This competition was very interesting and challenging at the same time. I tried heavy feature engineering, undersampling, oversampling, applied images, used several boosting models and adjusted the data(especially when the precipitation was 0 and it was labelled as flood(1) in the train data) but my result was just not improving,
same was for me as well Can top ladder postion holder share their insight.
Summary of the 15th place solution from the private leaderboard:
1. Data Processing
2. Feature Engineering
3. Modeling
4. Key Parameters
Kaggle link :
https://www.kaggle.com/code/onurkoc83/floods-study
Don't forget to upvote the Kaggle notebook :)) , and feel free to ask me if you have any questions.
Thank you, great approach! I didn't use many lag and lead features, just previous 20 days and next 21 days.
Will do that🔥. Thanks for sharing.
I will make several videos recap my solutions and what I learned.
Here is the first one: https://www.youtube.com/playlist?list=PLTTjhaP30APfgB-hqzw85olc6w6h8TO43
Thank you for sharing. We will be very glad on receiving the rest. Big ups!
I was affected by the leak and got a huge shakeup but anyways that's all part of the game😅. This is my solution:
I made 730 lag features (this is for all the days),
Little feature engineering in addition.
The Images didn't help me from my opinion.
Groupkfold of 10 folds,
Xgboost (mostly default parameters, with early stopping and n_estimators of 1000).

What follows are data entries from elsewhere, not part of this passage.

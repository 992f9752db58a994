// What a command comes to when its library, model and netlist are read.
ghost use Rattle.std.specs.Prelude.{IfSome};
ghost use Rattle.lw_blif.specs.BlifNetworks.{IsModel};
ghost use Rattle.lw_genlib.specs.Cells.{IsSmall};
ghost use Rattle.lw_files.specs.Read.{IsReadNetlist};
ghost use Rattle.lw_map.specs.Options.{plain_options};
ghost use Rattle.lw_map.specs.Tabled.{AreLeaves};
ghost use Rattle.lw_top.specs.Answered.{Gives};
ghost use Rattle.lw_top.specs.Checks.{Checks};
ghost use Rattle.lw_top.specs.Counts.{Counts, Draws};
ghost use Rattle.lw_top.specs.Maps.{Maps};
ghost use Rattle.lw_top.specs.Tables.{Tabulates};
ghost use Rattle.lw_top.specs.Trades.{Trades};
ghost use Rattle.lw_top.specs.Words.{IsCount};

use crate::answer::{Answer, Answered};
use crate::refusal::Refusal;
use lw_blif::Parsed;
use lw_fixed::Micro;
use lw_genlib::Library;
use lw_map::{Options, Verdict, big, check, graph, lut, map, trade};
use lw_mapped::Mapped;
use std::alloc::Global;

/// What a library and a model come to: the mapped netlist with what stands around it, or why there
/// is none.
pub(crate) fn map_model(
    alloc: Global,
    library: Library,
    model: Parsed,
    options: Options,
    certified: bool,
) -> Answered
    requires { IsModel model }
    ensures { Gives (Maps (plain_options options) certified library model) result }
{
    match map(alloc, &library, &model, options, certified) {
        Ok(mapped) => {
            drop(model.network);
            Ok(Answer::Mapping(
                library,
                mapped.netlist,
                model.frame,
                model.starts,
                mapped.certificate,
            ))
        }
        Err(fault) => {
            drop(library);
            drop(model);
            Err(Refusal::of_map(fault))
        }
    }
}

/// What a library and a model come to by a deadline, or without one: the netlist of least area with
/// what stands around it, or why there is none.
pub(crate) fn trade_model(
    alloc: Global,
    library: Library,
    model: Parsed,
    options: Options,
    deadline: Option<Micro>,
) -> Answered
    requires late { IfSome deadline IsSmall }
    requires model { IsModel model }
    ensures { Gives (Trades deadline (plain_options options) library model) result }
{
    match trade(alloc, &library, &model, options, deadline) {
        Ok(netlist) => {
            drop(model.network);
            Ok(Answer::Mapping(library, netlist, model.frame, model.starts, None))
        }
        Err(fault) => {
            drop(library);
            drop(model);
            Err(Refusal::of_map(fault))
        }
    }
}

/// What a model comes to in lookup tables of at most `leaves` fan-ins, or why there are none.
pub(crate) fn table_model(alloc: Global, model: Parsed, options: Options, leaves: u8) -> Answered
    requires leaves { AreLeaves leaves }
    requires model { IsModel model }
    ensures { Gives (Tabulates leaves (plain_options options) model) result }
{
    match lut(alloc, &model, options, leaves) {
        Ok(net) => {
            drop(model.network);
            Ok(Answer::Tables(net, model.frame))
        }
        Err(fault) => {
            drop(model);
            Err(Refusal::of_map(fault))
        }
    }
}

/// What a check of a mapped netlist comes to: `Yes`, or a refusal with the reason against it.
pub(crate) fn check_mapped(
    alloc: Global,
    library: &Library,
    model: &Parsed,
    mapped: &Mapped,
    options: Options,
) -> Answered
    requires model { IsModel model.now }
    requires mapped { IsReadNetlist library.now mapped.now }
    ensures { Gives (Checks (plain_options options) library.now model.now mapped.now) result }
{
    let verdict = match check(alloc, library, model, mapped, options) {
        Ok(verdict) => verdict,
        Err(fault) => return Err(Refusal::of_map(fault)),
    };
    match verdict {
        Verdict::Yes => Ok(Answer::Yes),
        Verdict::No(reason) => Err(Refusal::No(reason)),
    }
}

/// The counts of a network's graph, or why there are none.
pub(crate) fn count_model(alloc: Global, model: &Parsed, options: Options) -> Answered
    ensures { Gives (Counts (plain_options options) model.now) result }
{
    match graph(alloc, &model.network, options) {
        Ok(counts) => Ok(Answer::Counts(counts)),
        Err(fault) => Err(Refusal::of_map(fault)),
    }
}

/// The sizes of a network of `count` nodes that is drawn from `seed` and mapped to cells of the
/// library, or why there are none.
pub(crate) fn draw(alloc: Global, library: &Library, seed: u64, count: u32) -> Answered
    requires { IsCount count }
    ensures { Gives (Draws seed count library.now) result }
{
    match big(alloc, library, seed, count) {
        Ok(sizes) => Ok(Answer::Sizes(sizes)),
        Err(fault) => Err(Refusal::of_map(fault)),
    }
}
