//! A theorem: a function with no work of its own, whose clause is the theorem.
ghost use Rattle.std.specs.Prelude.{ℕ, List, Ok};
ghost use Rattle.lw_files.specs.Steps.{Files};
ghost use Rattle.lw_top.specs.Answers.{IsAnswer};
ghost use Rattle.lw_top.specs.Mappings.{AsksForTables};
ghost use Rattle.lw_top.specs.Tabled.{AreTables};

use lw_map::tabled_texts_are_mappings;

/// Where lookup tables are asked for, an answer with a text is a text of tables: a network that
/// computes the roots of the one that was read, each at its least depth.
pub fn answers_are_tables()
    ensures { (words : List (List ℕ)) (files : Files) (text : List ℕ) → AsksForTables words →
        IsAnswer words files (Ok text) → AreTables words files text }
{
    tabled_texts_are_mappings();
}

Ensemble methods didn't work quite well for me.
This was the score before using the leak:
Public: 0.002575628
Private: 0.002630546
https://www.kaggle.com/code/dukekojokongo/zindi-inundata-floods
Summary of my Progression and Results:
https://youtu.be/fzPJHU3KYfU?si=mIRRU9JrEqegmerV
Thank you @snow
Well Documented! You deserve a thumbs up. I am definitely subscribing to your channel.